Friday 31 January 2025, 11am - Martha Lewis

Speaker: Martha Lewis (Assistant Professor of Neurosymbolic AI in the Institute of Logic, Language, and Computation, University of Amsterdam)
 
Title: Compositional Approaches to Modelling Language and Concepts
 
Abstract: Recent neural approaches to modelling language and concepts have proven quite effective, with a proliferation of large models trained on correspondingly massive datasets. However, these models still fail on some tasks that humans, and symbolic approaches, can easily solve. Large neural models are also, to a certain extent, black boxes - particularly those that are proprietary.
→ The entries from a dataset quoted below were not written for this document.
// The orders of a line's prefixes, run and told.
use super::compose::{Keep, put_composed};
use super::order::order_of;
use super::prefixes::{MOST, Prefixes};
use calls::{fresh, run_line};
use limits::STORE;
use replies::{put_number, put_reply};
use run::reply::LineReply;
use scan::part::part;
use texts::page::Page;

// How many bytes a composed line may have.
const COMPOSED: usize = 1088;

// Whether an order says what its last tab, axis and side prefix say.
#[derive(Clone, Copy, PartialEq, Eq)]
pub enum Agreement {
    Agrees,
    Differs,
}

// What the line in an order answers, and whether it agrees.
#[derive(Clone, Copy)]
pub struct Told {
    pub reply: LineReply,
    pub agreement: Agreement,
}

// Runs a line on a fresh session.
fn answer(line: &[u8], store: &mut [u8]) -> LineReply {
    let mut session = fresh();
    run_line(&mut session, line, store)
}

// Whether a line says what another did: the same refusal, and the same record or word.
fn compared(line: &[u8], reply: LineReply, written: &[u8]) -> Agreement {
    let mut store = [0u8; STORE + 1];
    let other = answer(line, &mut store);
    if other.refusal == reply.refusal && part(&store, 0, other.count as usize) == written {
        Agreement::Agrees
    } else {
        Agreement::Differs
    }
}

fn put_agreement(page: &mut Page<'_>, a: Agreement) {
    match a {
        Agreement::Agrees => page.text(b" agrees "),
        Agreement::Differs => page.text(b" differs "),
    }
}

// The number of an order, what its line answers, whether it agrees, and the line.
fn put_order(page: &mut Page<'_>, number: u64, told: Told, written: &[u8], line: &[u8]) {
    put_number(page, number);
    put_reply(page, told.reply, written);
    put_agreement(page, told.agreement);
    page.quoted(line);
    page.byte(b'\n');
}

// The line that keeps only the last tab, axis and side prefix of an order.
fn compared_with_last(
    line: &[u8],
    p: &Prefixes,
    order: &[u8; MOST],
    reply: LineReply,
    written: &[u8],
) -> Agreement {
    let mut text = [0u8; COMPOSED];
    let mut composed = Page::new(&mut text);
    put_composed(&mut composed, line, p, order, Keep::LastOfKind);
    compared(composed.written(), reply, written)
}

// The order that has a number, counted from 0.
pub fn put_told(page: &mut Page<'_>, line: &[u8], p: &Prefixes, number: u64) -> Told {
    let order = order_of(p.count, number);
    let mut text = [0u8; COMPOSED];
    let mut typed = Page::new(&mut text);
    put_composed(&mut typed, line, p, &order, Keep::All);
    let mut store = [0u8; STORE + 1];
    let reply = answer(typed.written(), &mut store);
    let written = part(&store, 0, reply.count as usize);
    let told = Told {
        reply,
        agreement: compared_with_last(line, p, &order, reply, written),
    };
    put_order(page, number.wrapping_add(1), told, written, typed.written());
    told
}
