// The prefixes of a line, as the readings find them on a fresh session.
use commands::next::{Change, Next, by_name};
use reading::line::{CommandDescription, parse};
use scan::part::part;
use words::words::lookup;

// How many prefixes are kept.
pub const MOST: usize = 5;

// What a prefix sets.
#[derive(Clone, Copy, PartialEq, Eq)]
pub enum Kind {
    Tab,
    Axis,
    Side,
}

// Where a prefix starts and stops as typed, with its range and bang.
#[derive(Clone, Copy)]
pub struct Prefix {
    pub kind: Kind,
    pub start: usize,
    pub stop: usize,
}

// How many prefixes there are, the first of them, and where the last text starts and stops.
#[derive(Clone, Copy)]
pub struct Prefixes {
    pub count: usize,
    first: [Prefix; MOST],
    pub text: usize,
    pub stop: usize,
}

// A prefix that a text starts with: its kind, where it stops, and where its argument starts and stops.
#[derive(Clone, Copy)]
struct Found {
    kind: Kind,
    stop: usize,
    argument: usize,
    end: usize,
}

// What stands in a place that has no prefix.
const NO_PREFIX: Prefix = Prefix {
    kind: Kind::Tab,
    start: 0,
    stop: 0,
};

fn plus(a: usize, b: usize) -> usize {
    a.wrapping_add(b)
}

fn kind_of(c: Change) -> Kind {
    match c {
        Change::Tab(_) => Kind::Tab,
        Change::Axis(_) => Kind::Axis,
        Change::Side(_) => Kind::Side,
    }
}

// Behind the word and its bang.
fn typed_end(d: CommandDescription) -> usize {
    if d.bang {
        return plus(d.end, 1);
    }
    d.end
}

// The prefix that what a reading leads to is, if it is one.
fn by_next(d: CommandDescription, x: Next) -> Option<Found> {
    match x {
        Next::Empty => None,
        Next::Refused(_) => None,
        Next::Unknown(_, _) => None,
        Next::Runs(_, _) => None,
        Next::Again(c, a, e) => Some(Found {
            kind: kind_of(c),
            stop: typed_end(d),
            argument: a,
            end: e,
        }),
    }
}

// The prefix that a text starts with, if one does.
fn prefix_at(text: &[u8]) -> Option<Found> {
    match parse(text) {
        Ok(d) => {
            let m = lookup(part(text, d.word, d.end));
            by_next(d, by_name(text, d, m))
        }
        Err(_) => None,
    }
}

impl Prefixes {
    // A line of which no prefix is found yet.
    fn none(line: &[u8]) -> Prefixes {
        Prefixes {
            count: 0,
            first: [NO_PREFIX; MOST],
            text: 0,
            stop: line.len(),
        }
    }

    // The prefix at a place.
    pub fn at(&self, k: u8) -> Prefix {
        *self.first.get(usize::from(k)).unwrap_or(&NO_PREFIX)
    }

    // One prefix more.
    fn add(&mut self, f: Found) {
        if self.count < MOST {
            self.first[self.count] = Prefix {
                kind: f.kind,
                start: self.text,
                stop: plus(self.text, f.stop),
            };
        }
        self.count = plus(self.count, 1);
        self.stop = plus(self.text, f.end);
        self.text = plus(self.text, f.argument);
    }
}

// The prefixes of a line; six stand for more than five.
pub fn prefixes_of(line: &[u8]) -> Prefixes {
    let mut p = Prefixes::none(line);
    for _ in 0..MOST + 1 {
        match prefix_at(part(line, p.text, p.stop)) {
            Some(f) => p.add(f),
            None => break,
        }
    }
    p
}
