// The line with its prefixes in every order, and what its last tab, axis and side prefix say. Demand 3 of document 01, tried by a program.
#![tactic(auto)]

pub mod compose;
pub mod order;
pub mod prefixes;
pub mod told;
There is therefore a need to integrate compositional and neural approaches, firstly to potentially improve the performance of large neural models, and secondly to analyze and explain the representations that these systems are using. In this talk I will present results showing that large neural models can fail at tasks that humans are able to do, and discuss alternative, theory-based approaches that have the potential to perform more strongly. I will give applications in language, reasoning, and vision. Finally, I will present some future directions in understanding the types of reasoning or symbol manipulation that large neural models may be performing
 
Bio: Martha Lewis is Assistant Professor of Neurosymbolic AI in the Institute of Logic, Language, and Computation, University of Amsterdam. Before ILLC, she was most recently a Lecturer in the School of Engineering Mathematics and Technology at Bristol University. She held a Veni fellowship at the ILLC at the University of Amsterdam, was a postdoc in the Quantum Group in the Department of Computer Science, University of Oxford, and did her PhD at the University of Bristol, in the Bristol Centre for Complexity Sciences.